[What to do] All of the data is to be copied word for word.

[Exercise material]
//! The rows of branches that a resource manager ended by itself.
ghost use Rattle.std.specs.Prelude.{◌≡◌, IfOk, IsSomeAnd, OnOk, Some, IfErr, ◌≢◌};
ghost use Rattle.std.specs.FinMap.{get};
ghost use Rattle.sqlite.specs.Held.{state};
ghost use Rattle.sqlite.specs.State.{HasCleanDisk};
ghost use Rattle.xa_log.specs.Content.{with_heuristic_record};
ghost use Rattle.xa_log.specs.Contract.{FitsRow, Makes};
ghost use Rattle.xa_sql_log.specs.Sql.{IsOrderly, LacksHeuristic, MayChange, OnlyReads, content_in};
ghost use Rattle.xa_log.specs.declared.log_fault.LogFault.{LogFault};

use crate::fields;
use crate::statements::{ask, run, stored};
use sqlite::{Alter, Connection, params};
use xa_base::{Branch, How};
use xa_log::LogFault;

/// How a branch is recorded as heuristic, or none where it isn't.
pub(crate) fn find_heuristic<S: Alter>(
    conn: &mut Connection<S>,
    b: Branch,
) -> Result<Option<How>, LogFault>
    requires { FitsRow b.gtrid }
    ensures reads { OnlyReads (state S.Store conn.old) (state S.Store conn.new) }
    ensures ok { IsOrderly (state S.Store conn.old) → HasCleanDisk (state S.Store conn.new) →
        IfOk result (λ how. IsSomeAnd (content_in (state S.Store conn.old)) (λ c.
        (content_in (state S.Store conn.new) ≡ Some c) × (how ≡ get c.heuristics b))) }
    ensures unspent { IfErr result (λ fault. fault ≢ LogFault.Spent) }
{
    let rows = ask(
        conn,
        "SELECT how FROM heuristic WHERE inc = ?1 AND seq = ?2 AND thread = ?3 AND rm = ?4",
        params![
            stored(b.gtrid.incarnation),
            stored(b.gtrid.sequence),
            i64::from(b.thread),
            i64::from(b.rm)
        ],
    )?;
    match rows.first() {
        Some(row) => Ok(Some(fields::how(row, 0)?)),
        None => Ok(None),
    }
}

/// The first record of a branch.
fn insert_heuristic<S: Alter>(conn: &mut Connection<S>, b: Branch, how: How) -> Result<(), LogFault>
    requires { FitsRow b.gtrid }
    ensures honest { HasCleanDisk (state S.Store conn.new) → HasCleanDisk (state S.Store conn.old) }
    ensures changes { LacksHeuristic b (state S.Store conn.old) →
        MayChange (with_heuristic_record b how) (state S.Store conn.old) (state S.Store conn.new) }
    ensures ok { LacksHeuristic b (state S.Store conn.old) → IsOrderly (state S.Store conn.old) →
        HasCleanDisk (state S.Store conn.new) → OnOk result (Makes (with_heuristic_record b how)
        (content_in (state S.Store conn.old)) (content_in (state S.Store conn.new))) }
    ensures unspent { IfErr result (λ fault. fault ≢ LogFault.Spent) }
{
    run(
        conn,
        "INSERT INTO heuristic (inc, seq, thread, rm, how) VALUES (?1, ?2, ?3, ?4, ?5)",
        params![
            stored(b.gtrid.incarnation),
            stored(b.gtrid.sequence),
            i64::from(b.thread),
            i64::from(b.rm),
            i64::from(how.number())
        ],
    )
}

/// Records how a resource manager ended a branch by itself. The first record of a branch stays.
pub(crate) fn note_heuristic<S: Alter>(
    conn: &mut Connection<S>,
    b: Branch,
    how: How,
) -> Result<(), LogFault>
    requires { FitsRow b.gtrid }
    ensures changes { MayChange (with_heuristic_record b how) (state S.Store conn.old)
        (state S.Store conn.new) }
    ensures ok { IsOrderly (state S.Store conn.old) → HasCleanDisk (state S.Store conn.new) →
        OnOk result (Makes (with_heuristic_record b how)
        (content_in (state S.Store conn.old)) (content_in (state S.Store conn.new))) }
    ensures unspent { IfErr result (λ fault. fault ≢ LogFault.Spent) }
{
    if find_heuristic(conn, b)?.is_some() {
        return Ok(());
    }
    insert_heuristic(conn, b, how)
}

[Worked solution]
//! The rows of branches that a resource manager ended by itself.
ghost use Rattle.std.specs.Prelude.{◌≡◌, IfOk, IsSomeAnd, OnOk, Some, IfErr, ◌≢◌};
ghost use Rattle.std.specs.FinMap.{get};
ghost use Rattle.sqlite.specs.Held.{state};
ghost use Rattle.sqlite.specs.State.{HasCleanDisk};
ghost use Rattle.xa_log.specs.Content.{with_heuristic_record};
ghost use Rattle.xa_log.specs.Contract.{FitsRow, Makes};
ghost use Rattle.xa_sql_log.specs.Sql.{IsOrderly, LacksHeuristic, MayChange, OnlyReads, content_in};
ghost use Rattle.xa_log.specs.declared.log_fault.LogFault.{LogFault};

use crate::fields;
use crate::statements::{ask, run, stored};
use sqlite::{Alter, Connection, params};
use xa_base::{Branch, How};
use xa_log::LogFault;

/// How a branch is recorded as heuristic, or none where it isn't.
pub(crate) fn find_heuristic<S: Alter>(
    conn: &mut Connection<S>,
    b: Branch,
) -> Result<Option<How>, LogFault>
    requires { FitsRow b.gtrid }
    ensures reads { OnlyReads (state S.Store conn.old) (state S.Store conn.new) }
    ensures ok { IsOrderly (state S.Store conn.old) → HasCleanDisk (state S.Store conn.new) →
        IfOk result (λ how. IsSomeAnd (content_in (state S.Store conn.old)) (λ c.
        (content_in (state S.Store conn.new) ≡ Some c) × (how ≡ get c.heuristics b))) }
    ensures unspent { IfErr result (λ fault. fault ≢ LogFault.Spent) }
{
    let rows = ask(
        conn,
        "SELECT how FROM heuristic WHERE inc = ?1 AND seq = ?2 AND thread = ?3 AND rm = ?4",
        params![
            stored(b.gtrid.incarnation),
            stored(b.gtrid.sequence),
            i64::from(b.thread),
            i64::from(b.rm)
        ],
    )?;
    match rows.first() {
        Some(row) => Ok(Some(fields::how(row, 0)?)),
        None => Ok(None),
    }
}

/// The first record of a branch.
fn insert_heuristic<S: Alter>(conn: &mut Connection<S>, b: Branch, how: How) -> Result<(), LogFault>
    requires { FitsRow b.gtrid }
    ensures honest { HasCleanDisk (state S.Store conn.new) → HasCleanDisk (state S.Store conn.old) }
    ensures changes { LacksHeuristic b (state S.Store conn.old) →
        MayChange (with_heuristic_record b how) (state S.Store conn.old) (state S.Store conn.new) }
    ensures ok { LacksHeuristic b (state S.Store conn.old) → IsOrderly (state S.Store conn.old) →
        HasCleanDisk (state S.Store conn.new) → OnOk result (Makes (with_heuristic_record b how)
        (content_in (state S.Store conn.old)) (content_in (state S.Store conn.new))) }
    ensures unspent { IfErr result (λ fault. fault ≢ LogFault.Spent) }
{
    run(
        conn,
        "INSERT INTO heuristic (inc, seq, thread, rm, how) VALUES (?1, ?2, ?3, ?4, ?5)",
        params![
            stored(b.gtrid.incarnation),
            stored(b.gtrid.sequence),
            i64::from(b.thread),
            i64::from(b.rm),
            i64::from(how.number())
        ],
    )
}

/// Records how a resource manager ended a branch by itself. The first record of a branch stays.
pub(crate) fn note_heuristic<S: Alter>(
    conn: &mut Connection<S>,
    b: Branch,
    how: How,
) -> Result<(), LogFault>
    requires { FitsRow b.gtrid }
    ensures changes { MayChange (with_heuristic_record b how) (state S.Store conn.old)
        (state S.Store conn.new) }
    ensures ok { IsOrderly (state S.Store conn.old) → HasCleanDisk (state S.Store conn.new) →
        OnOk result (Makes (with_heuristic_record b how)
        (content_in (state S.Store conn.old)) (content_in (state S.Store conn.new))) }
    ensures unspent { IfErr result (λ fault. fault ≢ LogFault.Spent) }
{
    if find_heuristic(conn, b)?.is_some() {
        return Ok(());
    }
    insert_heuristic(conn, b, how)
}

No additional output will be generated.